— TASK DESCRIPTION —
Return the following from the records below: each line, word for word, starting with the line that contains "use std::test::Fail;" and going on through the line that contains "let capture = packets(alloc, &[10, 20, 30])?;", with nothing outside that range.

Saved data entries
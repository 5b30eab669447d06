//! Pipes of a network run beside each other: two of them ask their gate at the same time.
ghost use Rattle.std.specs.Prelude.{◌<◌};

use crate::fixture::{COUNT, COUNTED, packets, sink, store_of, text_of, words_of};
use std::sync::atomic::{AtomicBool, Ordering};
use std::test::Fail;
use switch_runner::{Gate, Threads, switch_top};

// The looks of a question at another one.
const LOOKS: u32 = 100_000;

// A gate that learns whether two pipes ask at the same time, in the first phase of a run.
#[derive(Drop)]
struct Meeting {
    asks: [AtomicBool; 2],
    met: AtomicBool,
}

impl Meeting {
    // Whether two pipes have asked at the same time, now or before.
    fn meets(&self, other: usize) -> bool
        requires { other < 2 }
    {
        for _ in 0..LOOKS {
            if self.asks[other].load(Ordering::SeqCst) {
                self.met.store(true, Ordering::SeqCst);
            }
            if self.met.load(Ordering::SeqCst) {
                return true;
            }
        }
        false
    }
}

impl Gate for Meeting {
    fn may_turn(&self, phase: u64, pipe: u32) -> bool {
        if phase > 0 {
            return true;
        }
        let own = (pipe % 2) as usize;
        self.asks[own].store(true, Ordering::SeqCst);
        let may = self.meets(1 - own);
        self.asks[own].store(false, Ordering::SeqCst);
        may
    }
}

// Only threads that run beside each other ask at the same time: a network that gives its pipes turns on one thread, or
// runs one behind the other, ends too, since a pipe needn't ask for ever, but its questions never meet.
#[test]
fn pipes_ask_at_once(rt: HostRuntime) -> Result<(), Fail> {
    let alloc = rt.alloc();
    let gate = Meeting {
        asks: [AtomicBool::new(false), AtomicBool::new(false)],
        met: AtomicBool::new(false),
    };
    let words = words_of(alloc, "mp5 run p c --pipelines 2")?;
    let capture = packets(alloc, &[10, 20, 30])?;
    let mut store = store_of(alloc, COUNT.as_bytes(), &capture, 65536, &[])?;
    let mut out = sink(alloc, 65536, &[])?;
    let mut err = sink(alloc, 65536, &[])?;
    let status = switch_top(
        &rt,
        alloc,
        &words,
        &mut store,
        &mut out,
        &mut err,
        &mut Threads::new(&gate),
    );
    assert_eq!(rt; status.code(), 0);
    assert_eq!(rt; text_of(&out), COUNTED);
    assert!(rt;
        gate.met.load(Ordering::SeqCst),
        "no two pipes asked at the same time"
    );
    Ok(())
}
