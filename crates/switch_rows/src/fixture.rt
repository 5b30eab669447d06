//! What the rows share: captures, programs, and calls of the switch over stores and sinks in memory.
ghost use Rattle.std.specs.Prelude.{◌<◌};

use mp5_words::Name;
use std::alloc::{AllocError, Global};
use std::process::Abort;
use std::sync::Wait;
use std::{str, thread};
use switch_runner::{
    MemorySink, MemoryStore, NamedBytes, OpenGate, Status, Store, Threads, switch_top,
};

/// Counts the packets.
pub(crate) const COUNT: &str =
    "struct Packet { int sport; int n; }; int c; void count(struct Packet p) { c = c + 1; p.n = c; }";

/// What `COUNT` gives on packets from the ports 10, 20 and 30: 72 bytes.
pub(crate) const COUNTED: &str =
    "pkt 0 sport=10 n=1\npkt 1 sport=20 n=2\npkt 2 sport=30 n=3\nreg c=3\ndone 3\n";

/// The text of the code of `COUNT`, with the places of three packets.
pub(crate) const PLANNED: &str = "\
struct Packet { int sport ; int n ; } ;
int c ;
void count ( struct Packet p ) { c = c + 1 ; p . n = c ; }
code 6 3 1
group 0 depth 1 units 1 : c
place 0 0 0
place 1 0 0
place 2 0 0
done 3
";

/// The file header of a capture of Ethernet frames.
pub(crate) const FILE_HEADER: [u8; 24] = [
    0xd4, 0xc3, 0xb2, 0xa1, 2, 0, 4, 0, 0, 0, 0, 0, 0, 0, 0, 0, 0, 0, 4, 0, 1, 0, 0, 0,
];

/// A UDP frame of 42 bytes from port 10 to port 20.
pub(crate) const FRAME: [u8; 42] = [
    2, 0, 0, 0, 0, 2, 2, 0, 0, 0, 0, 1, 8, 0, // Ethernet
    0x45, 0, 0, 28, 0, 0, 0, 0, 64, 17, 0, 0, 10, 0, 0, 1, 10, 0, 0, 2, // IPv4
    0, 10, 0, 20, 0, 8, 0, 0, // UDP
];

/// Adds a record of this frame, at second 1, to a capture.
pub(crate) fn push_record(capture: &mut Vec<u8>, frame: &[u8]) -> Result<(), AllocError> {
    let length = (frame.len() as u64).to_le_bytes();
    capture.extend_from_slice(&[1, 0, 0, 0, 0, 0, 0, 0])?;
    capture.extend_from_slice(&length[..4])?;
    capture.extend_from_slice(&length[..4])?;
    capture.extend_from_slice(frame)
}

/// A capture of UDP frames from these ports.
pub(crate) fn packets(alloc: Global, ports: &[u16]) -> Result<Vec<u8>, AllocError> {
    let mut capture = Vec::from_slice(alloc, &FILE_HEADER)?;
    for port in ports {
        let mut frame = FRAME;
        let [high, low] = port.to_be_bytes();
        frame[34] = high;
        frame[35] = low;
        push_record(&mut capture, &frame)?;
    }
    Ok(capture)
}

/// A file of this name.
pub(crate) fn file(alloc: Global, name: &str, bytes: &[u8]) -> Result<NamedBytes, AllocError> {
    let name = Name::new(Vec::from_slice(alloc, name.as_bytes())?);
    Ok(NamedBytes::new(name, Vec::from_slice(alloc, bytes)?))
}

/// A store of a program `p` and a capture `c`, read in pieces of at most `most` bytes.
pub(crate) fn store_of(
    alloc: Global,
    program: &[u8],
    capture: &[u8],
    most: u32,
    fails: &[u64],
) -> Result<MemoryStore, AllocError>
    requires { 0 < most }
{
    let files = vec![in alloc; file(alloc, "p", program)?, file(alloc, "c", capture)?]?;
    Ok(MemoryStore::new(files, most, Vec::from_slice(alloc, fails)?))
}

/// An empty sink that takes at most `most` bytes at a time.
pub(crate) fn sink(alloc: Global, most: u32, fails: &[u64]) -> Result<MemorySink, AllocError>
    requires { 0 < most }
{
    let fails = Vec::from_slice(alloc, fails)?;
    Ok(MemorySink::new(Vec::new(alloc), most, fails))
}

/// The words of a command line, which stand between single spaces; none for an empty line.
pub(crate) fn words_of(alloc: Global, line: &str) -> Result<Vec<String>, AllocError> {
    let mut words = Vec::new(alloc);
    if !line.is_empty() {
        for word in line.split(' ') {
            words.push(String::from_str(alloc, word)?)?;
        }
    }
    Ok(words)
}

/// A call that has ended.
#[derive(Drop)]
pub(crate) struct Ended {
    pub(crate) status: Status,
    pub(crate) out: MemorySink,
    pub(crate) err: MemorySink,
}

/// Calls the switch with these words.
pub(crate) fn call<R: thread::Threads + Wait + Sync, S: Store>(
    rt: &R,
    alloc: Global,
    line: &str,
    store: &mut S,
    out: MemorySink,
    err: MemorySink,
) -> Result<Ended, AllocError> {
    let words = words_of(alloc, line)?;
    let mut out = out;
    let mut err = err;
    let status = switch_top(
        rt,
        alloc,
        &words,
        store,
        &mut out,
        &mut err,
        &mut Threads::new(&OpenGate),
    );
    Ok(Ended { status, out, err })
}

/// Runs a program on a capture, with no faults.
pub(crate) fn run<R: thread::Threads + Wait + Sync>(
    rt: &R,
    alloc: Global,
    program: &[u8],
    capture: &[u8],
) -> Result<Ended, AllocError> {
    let mut store = store_of(alloc, program, capture, 65536, &[])?;
    let out = sink(alloc, 65536, &[])?;
    let err = sink(alloc, 65536, &[])?;
    call(rt, alloc, "mp5 one p c", &mut store, out, err)
}

/// What a sink has taken.
pub(crate) fn text_of(sink: &MemorySink) -> &str {
    str::from_utf8(sink.bytes()).unwrap_or("not UTF-8")
}

/// The line for the status of this code, which isn't that of a refusal that keeps values.
fn line_of(code: u8) -> &'static str {
    match code {
        0 => "",
        2 => "mp5: words\n",
        5 => "mp5: read fault\n",
        6 => "mp5: write fault\n",
        _ => "mp5: no memory\n",
    }
}

/// The call has ended with this code, this output and the code's line.
pub(crate) fn assert_ended(rt: &impl Abort, ended: &Ended, code: u8, out: &str, at: &str) {
    assert_eq!(rt; ended.status.code(), code, "at {at}");
    assert_eq!(rt; text_of(&ended.out), out, "at {at}");
    assert_eq!(rt; text_of(&ended.err), line_of(code), "at {at}");
}

/// The call has ended with a refused program or a refused capture, by its code: this number, and the values
/// that are kept.
pub(crate) fn assert_refused(
    rt: &impl Abort,
    alloc: Global,
    ended: &Ended,
    code: u8,
    refusal: &str,
    at: &str,
) -> Result<(), AllocError> {
    let refused = if code == 3 { "program" } else { "capture" };
    let line = format!(in alloc; "mp5: {refused} {refusal}\n")?;
    assert_eq!(rt; ended.status.code(), code, "at {at}");
    assert_eq!(rt; text_of(&ended.out), "", "at {at}");
    assert_eq!(rt; text_of(&ended.err), line.as_str(), "at {at}");
    Ok(())
}
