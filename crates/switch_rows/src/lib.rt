//! Rows that cross crates: the top call over stores and sinks in memory, with answers worked out by hand. Rows
//! that need no more than a program, a capture and what is printed are those of `tools/try-rows`.
#![tactic(auto)]

#[cfg(test)]
mod causes;
#[cfg(test)]
mod fixture;
#[cfg(test)]
mod gates;
#[cfg(test)]
mod runs;
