// The rules of map texts.
ghost use Rattle.std.specs.Prelude.{◌≡◌};
ghost use Rattle.ppdb_maps.specs.Rules.{kind_of};

/// The rules that a line may break.
#[derive(Clone, Copy)]
pub enum Rule {
    /// Line 1 names the format and its version.
    FirstLine,
    /// The first word and the number of words are those of a form of the version.
    UnknownForm,
    /// Each value is spelled as it should be, and is in its range.
    NumberFaults,
    /// Nothing is said twice.
    Repeated,
    /// A `row` has a `rows` of its table before it, a `slot` a `slots` of its method.
    Undeclared,
    /// A `run` follows its `method`.
    NoMethod,
    /// A `run` begins on both sides not before the end of the run before it.
    Overlap,
    /// A `run` ends on both sides within the sizes.
    Beyond,
    /// A dropped method has no other lines.
    NamesDropped,
}

impl Rule {
    /// The rule's number, 1 to 9.
    pub fn kind(self) -> u8
        ensures { result ≡ kind_of self }
    {
        match self {
            Rule::FirstLine => 1,
            Rule::UnknownForm => 2,
            Rule::NumberFaults => 3,
            Rule::Repeated => 4,
            Rule::Undeclared => 5,
            Rule::NoMethod => 6,
            Rule::Overlap => 7,
            Rule::Beyond => 8,
            Rule::NamesDropped => 9,
        }
    }
}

— TASK RESULT —
use std::test::Fail;
use switch_runner::{Gate, Threads, switch_top};

// The looks of a question at another one.
const LOOKS: u32 = 100_000;

// A gate that learns whether two pipes ask at the same time, in the first phase of a run.
#[derive(Drop)]
struct Meeting {
    asks: [AtomicBool; 2],
    met: AtomicBool,
}

impl Meeting {
    // Whether two pipes have asked at the same time, now or before.
    fn meets(&self, other: usize) -> bool
        requires { other < 2 }
    {
        for _ in 0..LOOKS {
            if self.asks[other].load(Ordering::SeqCst) {
                self.met.store(true, Ordering::SeqCst);
            }
            if self.met.load(Ordering::SeqCst) {
                return true;
            }
        }
        false
    }
}

impl Gate for Meeting {
    fn may_turn(&self, phase: u64, pipe: u32) -> bool {
        if phase > 0 {
            return true;
        }
        let own = (pipe % 2) as usize;
        self.asks[own].store(true, Ordering::SeqCst);
        let may = self.meets(1 - own);
        self.asks[own].store(false, Ordering::SeqCst);
        may
    }
}

// Only threads that run beside each other ask at the same time: a network that gives its pipes turns on one thread, or
// runs one behind the other, ends too, since a pipe needn't ask for ever, but its questions never meet.
#[test]
fn pipes_ask_at_once(rt: HostRuntime) -> Result<(), Fail> {
    let alloc = rt.alloc();
    let gate = Meeting {
        asks: [AtomicBool::new(false), AtomicBool::new(false)],
        met: AtomicBool::new(false),
    };
    let words = words_of(alloc, "mp5 run p c --pipelines 2")?;
    let capture = packets(alloc, &[10, 20, 30])?;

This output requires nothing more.